Other outstanding qualities of the late Monroe Taclawan were entertainingly brought out by Rev. Francis Vincent Dao-ey, a retired priest of the Anglican Episcopal Church alias English Catholic Church. In his homily during the funeral rites in the church at Easter College (formerly School) , Rev. Dao-ey started with his first encounter as a cassocked Christian missionary, with two other neophytes assigned in Balbalasang, Kalinga, with young Monroe in the latter’s very home barrio of Saltan, Balbalasang. As was my experience with him, Monroe’s instinctive first action was to invite the arriving people into their family house to offer something to drink and eat. Parenthetically, let it be explained that in the indigenous highland “ili” (village), welcome is customarily expressed in action—by inviting arrivals to enter the house and offering of something to drink, usually water, the reason perhaps why there is no direct translation in the vernacular of the English term “welcome”.

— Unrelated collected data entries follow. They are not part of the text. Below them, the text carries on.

//! Values, and their number, text and truth.
ghost use Rattle.std.specs.Prelude.{◌≡◌, IfOk, IfErr};
ghost use Rattle.awk_text.specs.Number.{number_of_text};
ghost use Rattle.awk_values.specs.Values.{as_fault, number_of_value, text_of_value, truncated_of_value, truth_of_value};

use crate::{Bytes, Fault, Stop};
use awk_text::{NumberFault, is_nonzero, looks_numeric, number_of, text_of, truncated_of};
use std::alloc::{AllocError, Global};

/// A value of a script (POSIX.1-2017 awk, "Expressions in awk"). A number lies from -2^53 to 2^53.
#[derive(Clone, PartialEq, Debug, Default, Drop)]
pub enum Value {
    /// What was never set: both 0 and the empty text.
    #[default]
    Uninit,
    Num(i64),
    Text(Bytes),
    /// A text of the input: a number where it looks numeric.
    StrNum(Bytes),
}

impl Value {
    /// The same value, to be kept for long: its text as [`Bytes::kept`] gives it.
    ///
    /// # Errors
    ///
    /// There is no memory.
    pub fn kept(&self, alloc: Global) -> Result<Value, AllocError>
        ensures { IfOk result (λ kept. kept ≡ self.now) }
    {
        match self {
            Value::Uninit => Ok(Value::Uninit),
            Value::Num(number) => Ok(Value::Num(*number)),
            Value::Text(text) => Ok(Value::Text(text.kept(alloc)?)),
            Value::StrNum(text) => Ok(Value::StrNum(text.kept(alloc)?)),
        }
    }
}

pub(crate) fn as_fault(number: Result<i64, NumberFault>) -> Result<i64, Fault>
    ensures { result ≡ as_fault number }
{
    match number {
        Ok(number) => Ok(number),
        Err(NumberFault::Range) => Err(Fault::Range),
        Err(NumberFault::Fraction) => Err(Fault::Fraction),
    }
}

/// The number of a text, with its fault.
pub(crate) fn number_of_text(text: &[u8]) -> Result<i64, Fault>
    ensures { result ≡ as_fault (number_of_text text.now) }
{
    as_fault(number_of(text))
}

/// The number of a value: 0 of an uninitialised one, and of a text that of its longest prefix that is number text.
///
/// # Errors
///
/// [`Fault::Fraction`] where a text's number is not whole, and else [`Fault::Range`] where it is outside the range.
pub fn to_number(value: &Value) -> Result<i64, Fault>
    ensures { result ≡ number_of_value value.now }
{
    match value {
        Value::Uninit => Ok(0),
        Value::Num(number) => Ok(*number),
        Value::Text(text) | Value::StrNum(text) => number_of_text(text.as_slice()),
    }
}

/// The number of a value, that of a text truncated towards 0.
///
/// # Errors
///
/// [`Fault::Fraction`] and [`Fault::Range`] as [`truncated_of`] tells them.
pub fn truncated(value: &Value) -> Result<i64, Fault>
    ensures { result ≡ truncated_of_value value.now }
{
    match value {
        Value::Uninit => Ok(0),
        Value::Num(whole) => Ok(*whole),
        Value::Text(text) | Value::StrNum(text) => as_fault(truncated_of(text.as_slice())),
    }
}

/// The text of a value: the decimal digits of a number, nothing of an uninitialised value.
///
/// # Errors
///
/// [`Stop::NoMemory`] alone.
pub fn to_text(alloc: Global, value: &Value) -> Result<Bytes, Stop>
    ensures ok { IfOk result (λ text. text ≡ text_of_value value.now) }
    ensures err { IfErr result (λ stop. stop ≡ Stop.NoMemory) }
{
    match value {
        Value::Uninit => Ok(Bytes::from_slice(alloc, &[])?),
        Value::Num(number) => Ok(Bytes::from_slice(alloc, text_of(*number).as_bytes())?),
        Value::Text(text) | Value::StrNum(text) => Ok(text.clone()?),
    }
}

/// The truth of a value. It never faults: a numeric string that looks numeric is true where a digit of its mantissa is not 0.
pub fn truth(value: &Value) -> bool
    ensures { result ≡ truth_of_value value.now }
{
    match value {
        Value::Uninit => false,
        Value::Num(number) => *number != 0,
        Value::Text(text) => text.len() != 0,
        Value::StrNum(text) => {
            if looks_numeric(text.as_slice()) {
                is_nonzero(text.as_slice())
            } else {
                text.len() != 0
            }
        }
    }
}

Inside the Taclawan house, young Monroe beckoned the three visitors to take their seats then instinctively said, “Agkapikayo ah, . . . ngem . . .awan met kapi.” (Please drink coffee . . . but . . . there is no coffee.). Fr. Dao-ey related this funny incident imitating exactly the boy’s familiar nasal sound and resonance to the joyed reaction in the congregation.

The second time Fr. Dao-ey met Mr. Taclawan was “right here at the Easter Elementary School. He was in charge of the Boys Dormitory.” It was his stint in this work that nurtured in him the desire to embark in the religious education of the young, especially of boys. He knew very well the financial hardship incurred in earning one’s degreed education. The eulogist revealed that from his last counting, not less than ten priests owed their successful entry into the clerical ministry to the attention or help of Mr. Taclawan, especially when he became a teacher and then Principal of the School until he retired.

As to community concerns, as jocosely-seriously recounted by Fr. Dao-ey, Monroe showed predictive adeptness in meeting social problems. He could act ahead to eliminate future problems or to prepare for coming developments. He showed that in his pleasant ways of maintaining good relationship between ownership of real property by the School and the unavoidable realistic needs of an increasing population in surrounding neighborhoods in what is now Pinget. By his smooth explaining and convincing, roads could be built and necessary structures put up peacefully without expensive and time-consuming litigations. For his accomplishments, he was made by co-residents their barangay head for twenty years during which, with his good rapport with the city government, the high school in Pinget was put up and finally later nationalized.

This sketchy testimony on a friend and colleague would have committed an omission to the level of a fault if we do not point emphatically that this friend and colleague, Cordillera Elder Monroe Gannisi Taclawan, was an exemplar of a good family man and a truly religious one at that. In other words, he was a man of man and a man of God. But that is another topic that can be expanded in another article.